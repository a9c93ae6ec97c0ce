// The lines that the program prints.
use crate::Trailer;
use planner::rows::{Margin, Row, Spot};

// The orders found, one leg to a line.
pub(crate) fn print_rows(rt: &HostRuntime, board: &Trailer<'_>) -> anyhow::Result<()> {
    let mut rows = [Row::default(); 4];
    let _ = board.list(&mut rows)?;
    for Row {
        bus,
        rank,
        message,
        delay,
    } in rows {
        println!(rt; "bus {bus} rank {rank} message {message} delay {delay}")?;
    }
    Ok(())
}

// The margins with message 1 above message 2 on both buses.
pub(crate) fn print_margins(rt: &HostRuntime, board: &Trailer<'_>) -> anyhow::Result<()> {
    let orders = [
        Spot { bus: 1, message: 1 },
        Spot { bus: 1, message: 2 },
        Spot { bus: 2, message: 1 },
        Spot { bus: 2, message: 2 },
    ];
    let mut margins = [Margin::default(); 2];
    let (meets, _) = board.check(&orders, &mut margins)?;
    println!(rt; "one order on both buses meets the board: {meets}")?;
    for Margin {
        message,
        destination,
        margin,
        ..
    } in margins {
        println!(rt; "message {message} to bus {destination} margin {margin}")?;
    }
    Ok(())
}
☆ ☆ ☆
### [EXERCISE REQUIREMENTS]
Starting at the line that contains "let mut rows = [Row::default(); 4];" and ending at the last line of the data, repeat each line exactly; include nothing else.

### [YOUR SOLUTION]
    let mut rows = [Row::default(); 4];
    let _ = board.list(&mut rows)?;
    for Row {
        bus,
        rank,
        message,
        delay,
    } in rows {
        println!(rt; "bus {bus} rank {rank} message {message} delay {delay}")?;
    }
    Ok(())
}

// The margins with message 1 above message 2 on both buses.
pub(crate) fn print_margins(rt: &HostRuntime, board: &Trailer<'_>) -> anyhow::Result<()> {
    let orders = [
        Spot { bus: 1, message: 1 },
        Spot { bus: 1, message: 2 },
        Spot { bus: 2, message: 1 },
        Spot { bus: 2, message: 2 },
    ];
    let mut margins = [Margin::default(); 2];
    let (meets, _) = board.check(&orders, &mut margins)?;
    println!(rt; "one order on both buses meets the board: {meets}")?;
    for Margin {
        message,
        destination,
        margin,
        ..
    } in margins {
        println!(rt; "message {message} to bus {destination} margin {margin}")?;
    }
    Ok(())
}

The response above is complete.